Mathe-Angst statt Mathe-Mut?

Studie: Lehrerinnen geben Schülerinnen eigene Angst weiter

Man sollte ja meinen, dass Mathelehrerinnen für Schülerinnen gute Vorbilder sind, die demonstrieren, dass Mathematik keinesfalls eine männliche Domäne ist. Tatsächlich scheinen aber an Grundschulen Mathelehrerinnen gerade ihren weiblichen Zöglingen eine gehörige Portion Mathe-Angst mit auf den Weg zu geben und das umso stärker, je  unsicherer die Lehrerinnen selbst in dem Fach sind. Das ergab eine Studie an der Universität von Chicago.

Schlechtere Leistungen durch Mathe-Angst

Die WissenschaftlerInnen untersuchten die Matheleistungen von Schulklassen zu Beginn der Grundschule und nach einem Schuljahr, überprüften, inwieweit sich stereotype Ansichten über Mathefähigkeiten bei den Kindern festgesetzt hatten ("Jungs können besser rechnen, Mädchen besser lesen") und setzten das in Beziehung zu der Mathe-Ängstlichkeit der Lehrerin. Wie in Deutschland auch, sind in den USA die meisten Grundschullehrerinnen weiblich und offenbar finden sich unter ihnen ganz besonders viele, die im Studium um das Fach Mathematik einen großen Bogen gemacht haben.

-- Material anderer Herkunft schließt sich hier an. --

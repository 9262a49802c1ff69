// The header of a journal.
#![tactic(auto, using(prelude::proofs::Tests::tests), unfolding(crate::specs::Format::header_in, crate::specs::Format::header_for, crate::specs::Format::check_for, crate::specs::Format::is_named))]

ghost use Rattle.std.specs.Prelude.{◌≡◌};
ghost use Rattle.journal.specs.Format.{check_for, header_in};

const NAME: &[u8; VERSION_AT] = b"TCO";

// Where the version and the maximum stand.
const VERSION_AT: usize = 3;

const MAXIMUM_AT: usize = VERSION_AT + 2;

pub(crate) const HEADER_SIZE: usize = MAXIMUM_AT + 1;

// The versions: records without codes, and with them.
const UNCHECKED: u16 = 1;

const CHECKED: u16 = 2;

// What a header says: the fragment maximum, and whether the check is on.
#[derive(Clone, Copy)]
pub(crate) struct Header {
    pub maximum: u32,
    pub check: bool,
}

#[derive(Clone, Copy)]
pub(crate) enum HeaderError {
    // Fewer bytes than a header has.
    Cut,
    // Another name, another version, or a maximum that is not allowed.
    Bad,
}

// The header that the bytes begin with.
pub(crate) fn read_header(bytes: &[u8]) -> Result<Header, HeaderError>
    ensures { result ≡ header_in bytes.now }
{
    if bytes.len() < HEADER_SIZE {
        return Err(HeaderError::Cut);
    }
    if !bytes.starts_with(NAME) {
        return Err(HeaderError::Bad);
    }
    let version = u16::from(bytes[VERSION_AT]) + u16::from(bytes[VERSION_AT + 1]) * 256;
    let Some(check) = check_for(version) else {
        return Err(HeaderError::Bad);
    };
    let maximum = u32::from(bytes[MAXIMUM_AT]);
    if maximum < 1 {
        return Err(HeaderError::Bad);
    }
    if state::MAX_MAXIMUM < u64::from(maximum) {
        return Err(HeaderError::Bad);
    }
    Ok(Header { maximum, check })
}

// Whether the check is on, by the version.
fn check_for(version: u16) -> Option<bool>
    ensures { result ≡ check_for version }
{
    match version {
        UNCHECKED => Some(false),
        CHECKED => Some(true),
        _ => None,
    }
}
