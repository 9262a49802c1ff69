// A journal that is read in pieces.
#![tactic(auto, using(prelude::proofs::Tests::tests), unfolding(crate::specs::Feeding::by_header, crate::specs::Feeding::by_stage, crate::specs::Feeding::concluded))]

ghost use Rattle.std.specs.Prelude.{◌≡◌, drop};
ghost use Rattle.printout.specs.Printout.{written, shown};
ghost use Rattle.translator.specs.Replay.{replayed};
ghost use Rattle.journal.specs.Feeding.{by_header, concluded, fed, fed_to, is_bad, records_fed, stage_after, started};
ghost use Rattle.journal.specs.Format.{header_in};
ghost use Rattle.journal.specs.Journal.{outcome_printed, output};

use crate::header::{HEADER_SIZE, HeaderError, read_header};
use record::Stop;
use state::Account;
use translator::Replay;

#[derive(Clone, Copy)]
enum Stage {
    // The header is still to come.
    Start,
    // The header was good, and so were the records so far.
    Records,
    // The journal is bad, whatever follows.
    Bad,
}

// What is known of a journal so far. The stages do not hold the replay: `started` promises it before
// the header too, for the largest maximum.
#[derive(Clone, Copy)]
pub struct Reading {
    stage: Stage,
    replay: Replay,
}

impl Reading {
    // A journal of which nothing is read yet.
    pub fn start() -> Reading
        ensures { result ≡ started }
    {
        Reading {
            stage: Stage::Start,
            replay: Replay::start(state::MAX_MAXIMUM as u32, false),
        }
    }

    // Takes the header, if it is still to come, and then each whole record of the part in turn, and
    // answers how many bytes these are. Stops at a header or record that is cut, which is fed again
    // with the bytes that follow, and for good at a bad header or link byte.
    pub fn feed(&mut self, part: &[u8]) -> usize
        ensures { fed_to self.new result ≡ fed self.old part.now }
    {
        match self.stage {
            Stage::Start => self.feed_header(part),
            Stage::Records => self.feed_records(part, 0),
            Stage::Bad => 0,
        }
    }

    // Takes the header and the records behind it.
    fn feed_header(&mut self, part: &[u8]) -> usize
        requires { self.old.stage ≡ Stage.Start }
        ensures { fed_to self.new result ≡ by_header (header_in part.now) self.old.replay part.now }
    {
        match read_header(part) {
            Ok(header) => {
                self.replay = Replay::start(header.maximum, header.check);
                self.feed_records(part, HEADER_SIZE)
            }
            Err(HeaderError::Cut) => 0,
            Err(HeaderError::Bad) => {
                self.stage = Stage::Bad;
                0
            }
        }
    }

    // Takes the records from a place of the part on.
    fn feed_records(&mut self, part: &[u8], from: usize) -> usize
        ensures { fed_to self.new result ≡ records_fed (replayed self.old.replay from (drop from part.now)) }
    {
        let stopped = self.replay.take(part, from);
        self.stage = stage_after(stopped.stop);
        stopped.at
    }

    // Whether the journal is bad, whatever follows.
    pub fn is_bad(&self) -> bool
        ensures { result ≡ is_bad self.now }
    {
        match self.stage {
            Stage::Start => false,
            Stage::Records => false,
            Stage::Bad => true,
        }
    }

    // The account of a journal that was fed to its end, when `unused` bytes are left. A bad journal
    // has none.
    pub fn conclude(&self, unused: usize) -> Option<Account>
        ensures { result ≡ concluded self.now unused }
    {
        if unused != 0 {
            return None;
        }
        match self.stage {
            Stage::Start => None,
            Stage::Records => Some(self.replay.account()),
            Stage::Bad => None,
        }
    }
}

// A bad link byte is bad for good.
fn stage_after(stop: Stop) -> Stage
    ensures { result ≡ stage_after stop }
{
    match stop {
        Stop::Cut => Stage::Records,
        Stop::BadLink => Stage::Bad,
    }
}

// Prints the account of a journal, or that the journal is bad, at the start of out and answers how many
// bytes that took, or answers 0 and writes nothing where out has fewer: a count and no Option, as of
// `printout::print`.
pub fn print_outcome(outcome: Option<Account>, out: &mut [u8]) -> usize
    ensures { written result out.new ≡ outcome_printed outcome out.old }
{
    match outcome {
        Some(account) => printout::print(account, out),
        None => printout::show(b"bad journal\n", out),
    }
}

// Prints the outcome of a whole journal, as `print_outcome` does.
pub fn print_journal(journal: &[u8], out: &mut [u8]) -> usize
    ensures { written result out.new ≡ shown (output journal.now) out.old }
{
    let mut reading = Reading::start();
    let used = reading.feed(journal);
    print_outcome(reading.conclude(journal.len() - used), out)
}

Die Untersuchung zeigte, dass Mädchen, die von einer matheängstlichen Lehrerin unterrichtet wurden, eher zu der Ansicht neigten, dass Mädchen nicht so gut in Mathe sind. Daraufhin zeigten sie dann am Ende des Schuljahrs auch tatsächlich schlechtere Matheleistungen.

Mädchen eher von Matheangst infiziert

Natürlich sind Mathelehrer, die sehr unsicher sind, per se keine besonders guten Lehrer. Allerdings scheint die Unsicherheit der Mathelehrerinnen in erster Linie Mädchen zu infizieren. Jungs bleiben davon eher unberührt.
Die ForscherInnen betonen, dass der negative Effekt von Matheängstlichkeit bei Lehrerinnen zwar signifikant sei, es aber insgesamt dennoch ein schwacher Effekt sei. Ängstliche Mathelehrerinnen in der Grundschule sind also nur ein möglicher Faktor unter vielen, der dazu beiträgt, dass Mädchen meinen, in Mathe nicht gut sein zu können.

Dass Mädchen keine grundätzlich schlechteren Mathe-Fähigkeiten haben als Jungs, wurde in zahlreichen Studien und Erhebungen nachgewiesen. Dennoch hält sich das Stereotyp hartnäckig, so dass ForscherInnen nun versuchen, herauszufinden, an welchem Punkt die eingebildete Matheunfähigkeit Mädchen befällt.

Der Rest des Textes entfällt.